A 33-year-old male with a history of atopic dermatitis, was admitted with a 6-week history of fever. Enhanced computed tomography revealed multiple emboli to the lungs and spleen and a psoas muscle abscess (Fig. 1A). Transthoracic echocardiography demonstrated a 3.5-cm mobile vegetation on the tricuspid valve and severe tricuspid regurgitation (Fig. 1B). Blood cultures grew out methicillin-sensitive staphylococcus aureus (MSSA). Despite IV antibiotic therapy with Cefazolin, his fevers continued and surgery was performed through a right anterior thoracotomy incision with femoral cannulation.

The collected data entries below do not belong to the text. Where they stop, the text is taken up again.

// As the loop waits.

mod done;

pub use done::waits_done;
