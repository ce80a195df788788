// What administrators say; configurations, tables of servers and picks of them, recordings, transcripts, plays of a recording, and files and a sink in memory.
mod admin;
mod answers;
mod calls;
mod configs;
mod held;
mod plays;
mod pool;
mod recordings;
mod rows;
mod servers;
mod transcripts;
mod words;
mod world;

use crate::packets;
use check_lines::Fields;

/// Answers a case of this room, or of the packets.
pub fn read(fields: &mut Fields<'_>) {
    match fields.case.reader {
        "config" => configs::config(fields),
        "admin" => admin::admin(fields),
        "admin_from" => admin::admin_from(fields),
        "admin_command" => admin::admin_command(fields),
        "rows" => configs::rows(fields),
        "rules" => configs::rules(fields),
        "lists" => configs::lists(fields),
        "servers" => servers::servers(fields),
        "like_servers" => servers::like_servers(fields),
        "number" => servers::number(fields),
        "server" => servers::server(fields),
        "pool" => pool::follow(fields),
        "recording" => recordings::recording(fields),
        "entries" => recordings::entries(fields),
        "transcript" => transcripts::transcript_of(fields),
        "play" => plays::play(fields),
        "files" => held::files(fields),
        "sink" => held::sink(fields),
        _ => packets::read(fields),
    }
}
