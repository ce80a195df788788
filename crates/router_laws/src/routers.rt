// A router goes on with entries by which nobody is called, ended or given up.

mod clients;
mod enters;
mod somehow;

pub use clients::{client_writes_router, parts_router};
pub use enters::routers_enter;
pub use somehow::{routers_are_linked, routers_rest};
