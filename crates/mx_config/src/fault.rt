// Why a configuration is refused.
ghost use Rattle.std.specs.Prelude.{◌≡◌, Some};
ghost use Rattle.mx_config.specs.Faults.{kind_number, table_number, fault_at, Refuses};

use mx_base::{Bytes, OutOfMemory};
use std::alloc::Global;

/// What is wrong.
#[derive(Clone, Copy)]
pub(crate) enum Kind {
    /// The bytes are no TOML document.
    NotToml,
    /// No such table, or no such key in the table.
    UnknownKey,
    /// A key without a default isn't there.
    MissingKey,
    /// The value has another type.
    WrongType,
    /// The value is none that may stand there, or there are too many or too few rows.
    OutOfRange,
    /// An earlier row has the name.
    DuplicateUser,
    /// An earlier row has the hostgroup, host and port.
    DuplicateServer,
    /// An earlier row has the id.
    DuplicateRule,
    /// The text is no pattern.
    BadPattern,
    /// There is a template, but no match that it could take the place of.
    ReplaceWithoutPattern,
    /// The text is no address of the form asked for.
    BadAddress,
}

/// The tables of the file, and the file itself.
#[derive(Clone, Copy)]
pub(crate) enum TableName {
    File,
    Proxy,
    Users,
    Servers,
    Rules,
    Whitelist,
}

/// Where a fault stands: the table, and its row, counted from 1; 0 is the table as a whole.
#[derive(Clone, Copy)]
pub(crate) struct Place {
    pub table: TableName,
    pub row: u32,
}

/// The first fault of a configuration.
///
/// | Kind | What is wrong |
/// |---|---|
/// | 1 | the bytes are no TOML document |
/// | 2 | an unknown table or key |
/// | 3 | a missing key |
/// | 4 | a value of the wrong type |
/// | 5 | a value out of range, or too many or too few rows |
/// | 6 | a user whose name an earlier row has |
/// | 7 | a server whose hostgroup, host and port an earlier row has |
/// | 8 | a rule whose id an earlier row has |
/// | 9 | a text that is no pattern |
/// | 10 | a template without a pattern, or with one that has to find nothing |
/// | 11 | a text that is no address |
///
/// The table is 0 for the file, 1 for `proxy`, 2 for `users`, 3 for `servers`, 4 for `rules` and 5 for `whitelist`. The row counts from
/// 1, and is 0 for the table as a whole, and for `proxy`. The key is empty where the fault is no key's.
#[derive(Debug, Drop)]
pub struct ConfigFault {
    pub kind: u8,
    pub table: u8,
    pub row: u32,
    pub key: Bytes,
}

/// Why `read_config` gives no configuration.
#[derive(Debug, Drop)]
pub enum ConfigRefusal {
    Fault(ConfigFault),
    OutOfMemory,
}

impl From<OutOfMemory> for ConfigRefusal {
    ghost use Rattle.mx_config.specs.declared.fault.ConfigRefusal.TheVariants as refusals;

    ghost from_gives = { λ _ refusal. refusal ≡ refusals.OutOfMemory };

    fn from(_: OutOfMemory) -> Self {
        ConfigRefusal::OutOfMemory
    }
}

impl Kind {
    fn number(self) -> u8
        ensures { result ≡ kind_number self }
    {
        match self {
            Kind::NotToml => 1,
            Kind::UnknownKey => 2,
            Kind::MissingKey => 3,
            Kind::WrongType => 4,
            Kind::OutOfRange => 5,
            Kind::DuplicateUser => 6,
            Kind::DuplicateServer => 7,
            Kind::DuplicateRule => 8,
            Kind::BadPattern => 9,
            Kind::ReplaceWithoutPattern => 10,
            Kind::BadAddress => 11,
        }
    }
}

impl TableName {
    fn number(self) -> u8
        ensures { result ≡ table_number self }
    {
        match self {
            TableName::File => 0,
            TableName::Proxy => 1,
            TableName::Users => 2,
            TableName::Servers => 3,
            TableName::Rules => 4,
            TableName::Whitelist => 5,
        }
    }
}

/// The refusal for a fault of a key; the key is copied, which takes memory.
#[tactic(auto, unfolding(crate::specs::Faults::fault_at))]
pub(crate) fn refusal(alloc: Global, place: Place, kind: Kind, key: &str) -> ConfigRefusal
    ensures { Refuses result (Some (fault_at place kind key.now)) }
{
    match Bytes::from_slice(alloc, key.as_bytes()) {
        Ok(key) => ConfigRefusal::Fault(ConfigFault {
            kind: kind.number(),
            table: place.table.number(),
            row: place.row,
            key,
        }),
        Err(refusal) => ConfigRefusal::from(refusal),
    }
}
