// What a step asks for.
use check_lines::Answer;

/// What a step asks for (client/server protocol, "Command Phase").
#[derive(Clone, Copy)]
pub enum Verb {
    /// COM_QUERY.
    Query,
    /// COM_INIT_DB.
    Choose,
    /// COM_FIELD_LIST.
    Fields,
    /// COM_STMT_PREPARE.
    Prepare,
    /// COM_STMT_EXECUTE of what was prepared last.
    Execute,
    /// COM_RESET_CONNECTION.
    Reset,
    /// COM_QUIT.
    Quit,
}

impl Verb {
    /// The verb of this name, or a query.
    pub fn named(answer: &mut Answer, name: &str) -> Verb {
        match name {
            "" => Verb::Query,
            "init_db" => Verb::Choose,
            "field_list" => Verb::Fields,
            "prepare" => Verb::Prepare,
            "execute" => Verb::Execute,
            "reset" => Verb::Reset,
            "quit" => Verb::Quit,
            _ => {
                answer.bad();
                Verb::Query
            }
        }
    }
}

A large vegetation was found on the anterior leaflet of the tricuspid valve along with an area of leaflet perforation. In addition, a 6.5-cm shaft of hair was extracted from trabeculations in the right ventricle (Fig. 2A). The anterior leaflet of the tricuspid valve was removed and the annulus was debrided. The tricuspid valve was replaced with a # 31-mm Epic bioprosthesis (St Jude Inc, St Paul, MN). The patient tolerated the procedure well. The Gram stain of the hair shaft showed Gram + cocci in clusters which ultimately grew out MSSA (Fig. 2B). The patient has been free of any recurrent infections 7 months following surgery.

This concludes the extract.